■ **Records**:
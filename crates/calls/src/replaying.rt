// Calls as values, and lists of them.
use super::bench::{AROUND, executive, span, terms};
use engine::{Answer, Call, Refusal, Request, replay_both};
use processor::RelativeAddress;
use std::alloc::Global;
use std::test::Fail;
use store::CellAddress;
use stores::WordStore;
use words::word_bits;

fn admit(place: u32, lower: u32, length: u32) -> Call<Vec<u8>> {
    Call::Admit {
        place,
        lower: CellAddress(lower),
        terms: terms(length, 0),
    }
}

fn ask(place: u32, request: Request<Vec<u8>>) -> Call<Vec<u8>> {
    Call::Ask { place, request }
}

fn load(place: u32, address: u32, word: u32) -> Call<Vec<u8>> {
    ask(
        place,
        Request::Load {
            address: RelativeAddress(address),
            word,
        },
    )
}

fn look(place: u32, address: u32) -> Call<Vec<u8>> {
    ask(
        place,
        Request::Look {
            address: RelativeAddress(address),
        },
    )
}

fn run(place: u32, budget: u32) -> Call<Vec<u8>> {
    ask(place, Request::Run { budget })
}

fn fixed(cause: u32, cell: u32) -> Call<Vec<u8>> {
    Call::FixedAddress {
        cause,
        address: CellAddress(cell),
    }
}

fn bytes(heap: Global, bytes: &[u8]) -> Result<Vec<u8>, Fail> {
    Ok(bytes.iter().copied().collect(heap)?)
}

// The buffer of a save comes back in the answer, in its whole length.
// A worker is made, given an executive return, run, answered, restored and retired; each answer by what came before it.
// Each list is played on its own store: 5 is put at address 1 of the first, and 7 at address 0 of the second.
#[test]
fn two_lists_are_played_on_two_stores(rt: HostRuntime) -> Result<(), Fail> {
    let first = WordStore::new(vec![in rt.alloc(); AROUND, 1, 2, 3]?);
    let second = WordStore::new(vec![in rt.alloc(); 4, 5]?);
    let first_calls = vec![in rt.alloc(); admit(0, 1, 3), load(0, 1, 5), look(0, 1)]?;
    let second_calls = vec![in rt.alloc();
        admit(5, 0, 3),
        admit(5, 0, 2),
        load(5, 0, 7),
        look(5, 1),
    ]?;
    let Ok((first, second)) = replay_both(rt.alloc(), first, first_calls, second, second_calls)
    else {
        panic!(rt; "there was no memory for the answers");
    };
    let want = vec![in rt.alloc();
        Answer::Admitted(Ok(())),
        Answer::Loaded(Ok(())),
        Answer::Looked(Ok(word_bits(5))),
    ]?;
    assert_eq!(rt; first.answers, want);
    let want = vec![in rt.alloc();
        Answer::Admitted(Err(Refusal::PastStore)),
        Answer::Admitted(Ok(())),
        Answer::Loaded(Ok(())),
        Answer::Looked(Ok(word_bits(5))),
    ]?;
    assert_eq!(rt; second.answers, want);
    assert_eq!(rt; first.installation.span(0), Ok(span(1, 3)));
    assert_eq!(rt; first.installation.tell(5), Err(Refusal::PlaceFree));
    assert_eq!(rt; second.installation.span(5), Ok(span(0, 2)));
    assert_eq!(rt; second.installation.tell(0), Err(Refusal::PlaceFree));
    let memory = [AROUND, 1, 5, 3];
    assert_eq!(rt;
        first.installation.into_store().into_memory().as_slice(),
        memory.as_slice()
    );
    assert_eq!(rt;
        second.installation.into_store().into_memory().as_slice(),
        [7, 5].as_slice()
    );
    Ok(())
}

■ **Exercise aim**: Word for word, restate the lines above.

■ **Task solution**:
filename crates/calls/src/replaying.rt
// Calls as values, and lists of them.
use super::bench::{AROUND, executive, span, terms};
use engine::{Answer, Call, Refusal, Request, replay_both};
use processor::RelativeAddress;
use std::alloc::Global;
use std::test::Fail;
use store::CellAddress;
use stores::WordStore;
use words::word_bits;

fn admit(place: u32, lower: u32, length: u32) -> Call<Vec<u8>> {
    Call::Admit {
        place,
        lower: CellAddress(lower),
        terms: terms(length, 0),
    }
}

fn ask(place: u32, request: Request<Vec<u8>>) -> Call<Vec<u8>> {
    Call::Ask { place, request }
}

fn load(place: u32, address: u32, word: u32) -> Call<Vec<u8>> {
    ask(
        place,
        Request::Load {
            address: RelativeAddress(address),
            word,
        },
    )
}

fn look(place: u32, address: u32) -> Call<Vec<u8>> {
    ask(
        place,
        Request::Look {
            address: RelativeAddress(address),
        },
    )
}

fn run(place: u32, budget: u32) -> Call<Vec<u8>> {
    ask(place, Request::Run { budget })
}

fn fixed(cause: u32, cell: u32) -> Call<Vec<u8>> {
    Call::FixedAddress {
        cause,
        address: CellAddress(cell),
    }
}

fn bytes(heap: Global, bytes: &[u8]) -> Result<Vec<u8>, Fail> {
    Ok(bytes.iter().copied().collect(heap)?)
}

// The buffer of a save comes back in the answer, in its whole length.
// A worker is made, given an executive return, run, answered, restored and retired; each answer by what came before it.
// Each list is played on its own store: 5 is put at address 1 of the first, and 7 at address 0 of the second.
#[test]
fn two_lists_are_played_on_two_stores(rt: HostRuntime) -> Result<(), Fail> {
    let first = WordStore::new(vec![in rt.alloc(); AROUND, 1, 2, 3]?);
    let second = WordStore::new(vec![in rt.alloc(); 4, 5]?);
    let first_calls = vec![in rt.alloc(); admit(0, 1, 3), load(0, 1, 5), look(0, 1)]?;
    let second_calls = vec![in rt.alloc();
        admit(5, 0, 3),
        admit(5, 0, 2),
        load(5, 0, 7),
        look(5, 1),
    ]?;
    let Ok((first, second)) = replay_both(rt.alloc(), first, first_calls, second, second_calls)
    else {
        panic!(rt; "there was no memory for the answers");
    };
    let want = vec![in rt.alloc();
        Answer::Admitted(Ok(())),
        Answer::Loaded(Ok(())),
        Answer::Looked(Ok(word_bits(5))),
    ]?;
    assert_eq!(rt; first.answers, want);
    let want = vec![in rt.alloc();
        Answer::Admitted(Err(Refusal::PastStore)),
        Answer::Admitted(Ok(())),
        Answer::Loaded(Ok(())),
        Answer::Looked(Ok(word_bits(5))),
    ]?;
    assert_eq!(rt; second.answers, want);
    assert_eq!(rt; first.installation.span(0), Ok(span(1, 3)));
    assert_eq!(rt; first.installation.tell(5), Err(Refusal::PlaceFree));
    assert_eq!(rt; second.installation.span(5), Ok(span(0, 2)));
    assert_eq!(rt; second.installation.tell(0), Err(Refusal::PlaceFree));
    let memory = [AROUND, 1, 5, 3];
    assert_eq!(rt;
        first.installation.into_store().into_memory().as_slice(),
        memory.as_slice()
    );
    assert_eq!(rt;
        second.installation.into_store().into_memory().as_slice(),
        [7, 5].as_slice()
    );
    Ok(())
}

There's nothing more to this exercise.